REFERENCE CHARACTERS:

10 Blower

12 Sheath flow nozzle

14 Compressor

16 Circular silencer
20 First duct
22 Second duct
30 Air flow

32 Feed air

34, 34 a, 34 b, 34 c Sheath flow

35 Break

36, 36 a, 36 b, 36 c Central flow

40 Duct

42 Inner duct

Claims

1. A blower for a motor vehicle, for a heating and air conditioning unit and/or an engine of a motor vehicle, comprising;

a compressed air generator for generating compressed air; and

a sheath flow nozzle for discharging the compressed air in the form of a sheath flow in which feed air conducted to the sheath flow nozzle via a feed air supply, is entrained in the form of a central flow.
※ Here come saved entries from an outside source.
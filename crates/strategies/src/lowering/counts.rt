//! How far a lowering is, and who stops it.

ghost use Rattle.std.specs.Prelude.{true};

use crate::lowering::question::Reply;
use cdcl::Counts;
use cubes::Gate;
use session::Interrupt;

/// How far a lowering is.
#[derive(Clone, Copy, Debug, PartialEq, Eq)]
pub struct LoweringCounts {
    /// The variable that it is at, from 1 on; all before it are settled.
    pub variable: u32,
    /// The questions so far that had an answer.
    pub questions: u64,
    /// How many of them had a model.
    pub models: u64,
    /// How many of them had none.
    pub refuted: u64,
    /// What the searches of the questions have done, in all.
    pub search: Counts,
}

impl LoweringCounts {
    /// Nothing was asked, and no variable is settled.
    pub fn none() -> LoweringCounts {
        LoweringCounts {
            variable: 1,
            questions: 0,
            models: 0,
            refuted: 0,
            search: Counts::none(),
        }
    }

    /// How many variables are settled.
    pub fn settled(&self) -> u32 {
        self.variable.saturating_sub(1)
    }

    /// After one question more, which may have been stopped; in all so much was searched.
    pub(crate) fn after(self, reply: &Reply, search: Counts) -> LoweringCounts {
        let (model, refuted) = match reply {
            Reply::Model(_) => (1, 0),
            Reply::NoModel => (0, 1),
            Reply::Stopped => (0, 0),
        };
        LoweringCounts {
            variable: self.variable,
            questions: self.questions.saturating_add(model + refuted),
            models: self.models.saturating_add(model),
            refuted: self.refuted.saturating_add(refuted),
            // each conflict teaches a clause; the kernel also counts those that were added
            search: Counts {
                learnt: search.conflicts,
                ..search
            },
        }
    }
}

/// Interrupts a question where the gate stops the lowering.
#[derive(Drop)]
pub(crate) struct Stopper<'a, G> {
    pub(crate) gate: &'a G,
}

impl<G: Gate> Interrupt for Stopper<'_, G> {
    ghost may_interrupt = { λ s. true };

    fn interrupts(&self) -> bool {
        self.gate.stops()
    }
}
2. The blower according to claim 1, wherein the compressed air of the sheath flow nozzle is conducted by the compressed air generator through a duct with a sound attenuator comprising a circular silencer.
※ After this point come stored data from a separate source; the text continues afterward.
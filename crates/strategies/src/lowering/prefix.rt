//! The cube of the literals that are settled, with all that follows from it by propagation.
ghost use Rattle.std.specs.Prelude.{◌≡◌, ◌+◌, ◌++◌, ◌∷◌, [], true, false, IfOk, OnOk};
ghost use Rattle.theory.specs.Literals.{IsVariable, has_var};
ghost use Rattle.theory.specs.Truth.{Satisfies, is_true, value};
ghost use Rattle.theory.specs.Trails.{literals};
ghost use Rattle.theory.specs.Pure.{pure_literals, searched};
ghost use Rattle.strategies.specs.Lowering.{IsPrefix};

use cnf::{Formula, Lit};
use kernel::{Closed, Cube, Order, SearchKernel};
use std::alloc::{AllocError, Global};

/// The literals that were settled, least variable first, but for those that follow from the ones
/// before them; and the trail, on which each of them is a decision. So propagation goes on with each
/// literal, and is never begun anew.
pub(crate) struct Prefix {
    pub(crate) cube: Cube,
    pub(crate) kernel: SearchKernel,
}

// written out, so that proofs of its owners stay short (docs/PROVING.md)
impl Drop for Prefix {
    fn drop(self) {
        let Prefix { cube: _, kernel: _ } = self;
    }
}

impl Prefix {
    /// No literals, of a formula that has this model, in which its pure variables are false. It
    /// takes time and memory by the formula's literals and variables.
    pub(crate) fn open(
        alloc: Global,
        formula: &Formula,
        units: &[Lit],
        model: &[bool],
    ) -> Result<Prefix, AllocError>
        requires units { units.now ≡ pure_literals formula.now }
        requires model { Satisfies (searched formula.now) model.now }
        ensures { IfOk result (IsPrefix formula.now 1 model.now) }
    {
        let _model = model; // it is there for the contract alone
        let _vars = formula.vars(); // it ensures what the proof needs of the formula
        let cube = Cube::root(alloc);
        let mut kernel = SearchKernel::open(alloc, formula, units, &cube, Order::ByPlace)?;
        match kernel.close()? {
            Closed::Quiet => Ok(Prefix { cube, kernel }),
            Closed::Conflict(_) => unreachable!(),
        }
    }

    /// Whether the variable's value follows from the literals.
    pub(crate) fn settles(&self, var: u32) -> bool
        ensures { result ≡ has_var (literals self.now.kernel.trail) var }
    {
        self.kernel.value(var).is_some()
    }

    /// Takes one literal more, which the model makes true, and all that follows. All variables below
    /// its own are settled. It fails where a request for memory is refused.
    pub(crate) fn join(
        &mut self,
        formula: &Formula,
        model: &[bool],
        lit: Lit,
    ) -> Result<(), AllocError>
        requires model { Satisfies (searched formula.now) model.now }
        requires prefix { IsPrefix formula.now lit.var model.now self.old }
        requires variable { IsVariable formula.now.vars lit.var }
        requires free { has_var (literals self.old.kernel.trail) lit.var ≡ false }
        requires is_true { is_true (value model.now) lit ≡ true }
        ensures prefix { OnOk result (IsPrefix formula.now (lit.var + 1) model.now self.new) }
        ensures cube { OnOk result (self.new.cube ≡ self.old.cube ++ lit ∷ []) }
    {
        let (_formula, _model) = (formula, model); // they are there for the contract alone
        self.cube.push(lit)?;
        self.kernel.decide(lit);
        match self.kernel.close()? {
            Closed::Quiet => Ok(()),
            Closed::Conflict(_) => unreachable!(),
        }
    }
}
3. The blower according to claim 1, wherein the feed air supply comprises a first duct comprising a first pipe or a first hose, and the compressed air is conducted to the sheath flow nozzle through a second duct, comprising a second pipe or a second hose, the second duct being, at least partially, arranged inside the first duct

4. The blower according to claim 1, wherein the sheath flow nozzle has a discharge opening with an oval comprising a circular, or a rectangular contour.

5. The blower according to claim 1, wherein the sheath flow nozzle has a discharge opening, which is designed as a gap between two essentially parallel surfaces, wherein the discharge opening is broken up by spacers arranged between the parallel surfaces.
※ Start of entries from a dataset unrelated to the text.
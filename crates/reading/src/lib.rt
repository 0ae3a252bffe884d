// Reading bytes through the pager. The checks are made once, then pages are looked up by look's own promise, and a
// page's part of the RAM is copied at once, from the frame that the page table has.
#![tactic(auto)]

ghost use Rattle.std.specs.Prelude.{◌≡◌, List, ℕ, ◌<◌, ◌≤◌, length, take, drop};
ghost use Rattle.machine.specs.Machine.{places};
ghost use Rattle.memory.specs.Memory.{memory, sizes_of, place_in};
ghost use Rattle.promise.specs.Filled.{ReadDid};
ghost use Rattle.refusals.specs.Refusals.{refusal};
ghost use Rattle.spans.specs.Parts.{Span, Part};
ghost use Rattle.spans.specs.Spans.{absence_of};
ghost use Rattle.reading.specs.Copies.{CopiedBy};

use checks::{check, span_inside};
use copying::copy;
use lookup::look_checked;
use machine::{Looked, RefusedAfter};
use memory::{ANY, Head, Lengths};
use refusals::Refusal;
use spans::{absence, frame_at, frame_seen, page_of, part, ram_place};

// The bytes from address x on, all of one page, out of the page's frame.
fn copy_frame(head: Head, frame: u32, x: usize, dst: &mut [u8], ram: &[u8])
    requires { ((i : ℕ) × Part head i x (length dst.old) ram.now) × (frame < head.frames) }
    ensures { dst.new ≡ take (length dst.old) (drop (place_in head frame x) ram.now) }
{
    let from = ram_place(head, frame, x);
    let to = from + dst.len();
    copy(&ram[from..to], dst);
}

// The bytes from address x on, all of one page that was found resident, into dst. A table's word that is no frame is passed over.
fn read_part(head: Head, space: u32, x: usize, dst: &mut [u8], table: &[u32], ram: &[u8])
    requires { Part head space x (length dst.old) ram.now × (places (sizes_of head) ≤ length table.now) }
    ensures { CopiedBy head table.now ram.now space x (length dst.old) dst.new }
{
    let frame = frame_at(head, space, x, table);
    if frame < head.frames {
        copy_frame(head, frame, x, dst, ram);
    }
}

// The bytes of a span whose pages are all resident, a page's part at a time.
fn copy_out(head: Head, space: u32, address: usize, buffer: &mut [u8], table: &[u32], ram: &[u8])
    requires { Span head space address (length buffer.old) ram.now × (places (sizes_of head) ≤ length table.now) }
    ensures { CopiedBy head table.now ram.now space address (length buffer.old) buffer.new }
{
    let n = buffer.len();
    let mut done = 0;
    // By hand, since no range or chunk of the library steps by parts that differ in size.
    while done < n {
        let x = address + done;
        let next = done + part(head, x, n - done);
        read_part(head, space, x, &mut buffer[done..next], table, ram);
        done = next;
    }
}

// Why the bytes of a page that was looked up can't be reached, by name alone.
fn reason(found: Result<Looked, RefusedAfter>) -> Result<(), Refusal>
    ensures { refusal result ≡ absence_of found }
{
    absence(found).map_err(|no| no.refusal)
}

// The bytes of a span into the caller's buffer: every page is looked up before the first byte is copied. A span of one page needs no loop.
pub fn read(
    head: Head,
    space: u32,
    address: usize,
    buffer: &mut [u8],
    index: &[u64],
    count: &[u32],
    table: &[u32],
    helper: &[u32],
    stack: &[u32],
    cache: &[u32],
    ram: &[u8],
) -> Result<(), Refusal>
    ensures { (link : List ℕ) →
        ReadDid space address
        (memory head index.now count.now table.now helper.now stack.now cache.now link
        ram.now)
        result buffer.old buffer.new }
{
    let n = buffer.len();
    let lent = Lengths {
        index: index.len(),
        count: count.len(),
        table: table.len(),
        helper: helper.len(),
        stack: stack.len(),
        cache: cache.len(),
        link: ANY,
        ram: ram.len(),
    };
    check(head, lent, space, span_inside(head, address, n))?;
    let first = page_of(head, address);
    let pages = spans::pages(head, address, n);
    if pages == 1 {
        let seen = look_checked(
            head,
            space,
            first as u32,
            index,
            count,
            table,
            helper,
            stack,
            cache,
        );
        let Ok(frame) = frame_seen(seen) else {
            return reason(seen);
        };
        copy_frame(head, frame, address, buffer, ram);
        return Ok(());
    }
    for page in first..first + pages {
        let found = look_checked(
            head,
            space,
            page as u32,
            index,
            count,
            table,
            helper,
            stack,
            cache,
        );
        let Ok(_) = frame_seen(found) else {
            return reason(found);
        };
    }
    copy_out(head, space, address, buffer, table, ram);
    Ok(())
}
6. The blower according to claim 4, wherein in the direction of discharge, behind the discharge opening, a wall oriented parallel to the direction of discharge is arranged on the surface of which the sheath flow moves along.

7. The blower according to claim 1, wherein the sheath flow nozzle comprises the sheath flow nozzle is arranged such that the sheath flow is directed at particularly heated points in an engine compartment comprising an exhaust manifold or a turbocharger.

8. The blower according to claim 1, wherein the sheath flow nozzle comprises at least one first sheath flow nozzle for discharging the compressed air as a first sheath flow, which entrains a first central flow, and at least a second sheath flow nozzle for discharging the compressed air as a second sheath flow, wherein the second sheath flow entrains the first central flow entrained by the first sheath flow.

9. The blower according to claim 1, wherein the sheath flow nozzle has several nozzle areas for the generation of several individual sheath flows, wherein the pressures of the individual sheath flows can be controlled individually.

10. The blower according to claim 1, wherein the sheath flow nozzle has a discharge opening having a maximum diameter of between 10 and 100 cm and/or the discharge opening has a length of between 50 and 200 cm and a width of between 1 mm and 20 mm.

11. A method for ventilating a motor vehicle, in particular for ventilating a heating and air conditioning unit and/or an engine of a motor vehicle, comprising the following steps:

generating compressed air,

conducting the compressed air to a sheath flow nozzle,

discharging the compressed air from the sheath flow nozzle in the form of a sheath flow, and

entraining feed air as a central flow within the sheath flow.

12. The method according to claim 11, a volume of flow of the central flow is at least 5 times as large as a volume flow of the sheath flow.

13. The method according to claim 11, wherein as a consequence of a Coanda effect, the sheath flow can be attracted by a wall of the sheath flow nozzle and flow along the wall.

14. A system comprising a blower according to claim 1 and a heat exchanger of a motor vehicle, wherein the blower is arranged in the direction of travel of the motor vehicle directly in front of and/or directly behind the heat exchanger.

15. A system comprising a blower according to claim 8 and a heat exchanger of a motor vehicle, wherein the first sheath flow nozzle of the blower is arranged on one side of the heat exchanger and the second sheath flow nozzle of the blower is arranged on the other side of the heat exchanger.